Questi otto rilievi vulcanici si trovano a profondità comprese tra i 3.500 e i 5.000 metri e sono strutture che hanno un’età compresa tra i 92 e i 152 milioni di anni, ben prima della formazione delle attuali isole Canarie (Fuerteventura, la più antica di tutte, ha “solo” 20 milioni di anni).
Gran parte della sua superficie è coperta da una crosta minerale composta principalmente da manganese e ferro, con uno spessore che può raggiungere i 20 centimetri.
Questa crosta contiene concentrazioni di metalli ed elementi noti come terre rare notevolmente superiori alla media.
Queste caratteristiche sono il prodotto di due processi principali: i processi idrotermali/vulcanici e il costante afflusso di polveri in sospensione dal deserto del Sahara nel corso di milioni di anni, sotto forma di calima.
Sono considerate preziose per due motivi: innanzitutto perché sono il risultato di un processo geologico estremamente lento (“ingrassano” al ritmo di 0,8-2,6 millimetri per milione di anni), ma anche per il loro alto contenuto di materie prime formalmente classificate come “strategiche” dalla Commissione Europea, perché sono fondamentali per il futuro dell’industria tecnologica.
Lo studio analizza il potenziale minerario di queste montagne sottomarine sulla base di 42 campioni, con questi risultati: per ogni chilometro quadrato della loro crosta minerale si possono estrarre 130 tonnellate di terre rare e ittrio, fino a 215 tonnellate di cobalto, 92 tonnellate di nichel, 39 tonnellate di rame, 50 tonnellate di vanadio, 13 tonnellate di molibdeno… oltre a quasi 9.400 tonnellate di manganese e quasi 9.300 tonnellate di ferro.
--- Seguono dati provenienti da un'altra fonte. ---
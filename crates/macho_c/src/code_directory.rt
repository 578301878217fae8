//! The code directory that a blob of a code signature is. (`cs_blobs.h`: `CS_CodeDirectory`)

ghost use Rattle.std.specs.Prelude.{◌≡◌, ◌*◌};
ghost use Rattle.std.specs.Option.{option_map};
ghost use Rattle.macho_fields.specs.Bytes.{bytes_of};
ghost use Rattle.macho_c.specs.CodeDirectories.{name_span, special_hashes as special_hashes_of, directory_row, IsAnswer};
ghost use Rattle.macho_rows.specs.Spans.{part_or_none};
ghost use Rattle.macho_signature.specs.CodeDirectories.{code_directory};

use crate::blobs::KesvuotBlob;
use crate::status::answer;
use macho_fields::Span;
use macho_rows::parts::{ended_string, rest};
use macho_rows::span::{Held, KesvuotSpan, NO_SPAN, held_at};
use macho_signature::CodeDirectory;

/// A code directory. (`CS_CodeDirectory`)
#[repr(C)]
#[derive(Clone, Copy)]
pub struct KesvuotCodeDirectory {
    /// Where the identifier lies in the file, without the zero byte past it: nowhere without one.
    pub identifier: KesvuotSpan,
    /// Where the team lies, as the identifier does.
    pub team: KesvuotSpan,
    /// Where the hashes of the code lie, one for each page: nowhere if they are not all in the blob.
    pub hashes: KesvuotSpan,
    /// Where the special hashes lie, the first special slot's last: nowhere if they are not all in the blob.
    pub special_hashes: KesvuotSpan,
    /// How many bytes of the image the hashes of the code are of.
    pub limit: u64,
    pub version: u32,
    pub flags: u32,
    /// How many hashes of the code there are.
    pub code_slots: u32,
    /// How many special hashes there are.
    pub special_slots: u32,
    /// The size in bytes of a hash.
    pub hash_size: u32,
    pub hash_type: u16,
    /// The log2 of the size in bytes of a page, or 0 if one page has all bytes.
    pub page_size: u16,
}

/// Writes what a blob says, if it is a code directory. The status is `OK`, or `NONE` if it is not, and then all
/// numbers are 0.
#[unsafe(no_mangle)]
pub extern "C" fn kesvuot_read_code_directory(
    file: &[u8],
    blob: &KesvuotBlob,
    directory: &mut KesvuotCodeDirectory,
) -> u32
    ensures { IsAnswer blob.now.bytes.offset
        (part_or_none blob.now.bytes.offset blob.now.bytes.size file.now) result directory.new }
{
    let held = held_at(file, blob.bytes.offset, blob.bytes.size);
    answer(directory_of(&held), NO_DIRECTORY, directory)
}

// What a blob says, if it is a code directory.
fn directory_of(blob: &Held) -> Option<KesvuotCodeDirectory>
    ensures { result ≡ option_map (directory_row blob.now.place (bytes_of blob.now.bytes))
        (code_directory (bytes_of blob.now.bytes)) }
{
    let found = CodeDirectory::read(blob.bytes)?;
    Some(row_of(blob, found))
}

// What is written of a blob that is not a code directory.
const NO_DIRECTORY: KesvuotCodeDirectory = KesvuotCodeDirectory {
    identifier: NO_SPAN,
    team: NO_SPAN,
    hashes: NO_SPAN,
    special_hashes: NO_SPAN,
    limit: 0,
    version: 0,
    flags: 0,
    code_slots: 0,
    special_slots: 0,
    hash_size: 0,
    hash_type: 0,
    page_size: 0,
};

// The row of a code directory.
fn row_of(blob: &Held, directory: CodeDirectory) -> KesvuotCodeDirectory
    ensures { result ≡ directory_row blob.now.place (bytes_of blob.now.bytes) directory }
{
    let hash_size = u64::from(directory.hash_size);
    let hashes = u64::from(directory.code_slots) * hash_size;
    let specials = u64::from(directory.special_slots) * hash_size;
    KesvuotCodeDirectory {
        identifier: name_at(blob, directory.ident_offset),
        team: name_at(blob, directory.team_offset),
        hashes: blob.part(u64::from(directory.hash_offset), hashes),
        special_hashes: special_hashes(blob, u64::from(directory.hash_offset), specials),
        limit: directory.limit,
        version: directory.version,
        flags: directory.flags,
        code_slots: directory.code_slots,
        special_slots: directory.special_slots,
        hash_size: u32::from(directory.hash_size),
        hash_type: u16::from(directory.hash_type),
        page_size: u16::from(directory.page_size),
    }
}

// Where the name at an offset of the blob lies in the file, without the zero byte past it.
fn name_at(blob: &Held, offset: u32) -> KesvuotSpan
    ensures { result ≡ name_span blob.now.place (bytes_of blob.now.bytes) offset }
{
    if offset == 0 {
        return NO_SPAN;
    }
    let start = u64::from(offset);
    let all = Span {
        start: 0,
        len: blob.bytes.len(),
    };
    let bytes = blob.bytes.read_part(all);
    blob.span_of(start, ended_string(rest(bytes, start)))
}

// Where the special hashes lie in the file, which end at an offset of the blob.
fn special_hashes(blob: &Held, offset: u64, size: u64) -> KesvuotSpan
    ensures { result ≡ special_hashes_of blob.now.place (bytes_of blob.now.bytes) offset size }
{
    if size <= offset {
        blob.part(offset - size, size)
    } else {
        NO_SPAN
    }
}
Il tutto con tassi di recupero molto elevati per i materiali più preziosi, il 95% per il cobalto e l’84% per le terre rare.
Il mercato delle terre rare vale attualmente circa 9 miliardi di euro all’anno ed è dominato dalla Cina, che rappresenta un terzo delle riserve mondiali.
Il gigante asiatico è il principale fornitore dell’industria, con 140.000 tonnellate all’anno, il 58,3% della produzione globale di terre rare (dati 2020), seguito dagli Stati Uniti, con il 15,8%, dalla Birmania, con il 12,5% e dall’Australia, con il 7,1% (“Journal of Earth System Science”, agosto 2022).
“Con questi dati, è possibile proporre l’estrazione degli elementi (minerali dalle montagne sottomarine delle Isole Canarie) in due fasi, per ottenere il massimo sfruttamento minerario dei metalli interessanti, considerando le terre rare non solo come sottoprodotto, ma nella maggior parte dei casi come metallo primario, insieme a cobalto e nichel”, sottolineano gli autori dello studio guidato dall’IGME.
Ma ci sono due problemi. Il primo è sottolineato dagli stessi autori: l’impatto ambientale dell’estrazione sui preziosi ecosistemi sottomarini che esistono anche in queste montagne, un fatto che, ad esempio, ha portato il team britannico che ha scoperto le riserve di tellurio del Tropico a chiedere la protezione di questi fondi.
Il secondo risiede nella proprietà di questa zona dell’Atlantico.
Sebbene si trovino nella cosiddetta “Provincia sottomarina delle Canarie”, perché figli della stessa attività vulcanica che ha portato le isole in superficie, la maggior parte di queste montagne si trova in acque internazionali.
La Spagna ha presentato alle Nazioni Unite una richiesta di proprietà come parte dell’estensione della piattaforma delle Isole Canarie a 350 miglia nautiche (648 chilometri), ma anche il Marocco ha avanzato una rivendicazione simile, prendendo come punto di riferimento la linea di costa dei territori occupati nel Sahara occidentale.
Le due rivendicazioni si sovrappongono appena sopra il Monte Tropico e le Nazioni Unite non si sono ancora pronunciate sulla questione.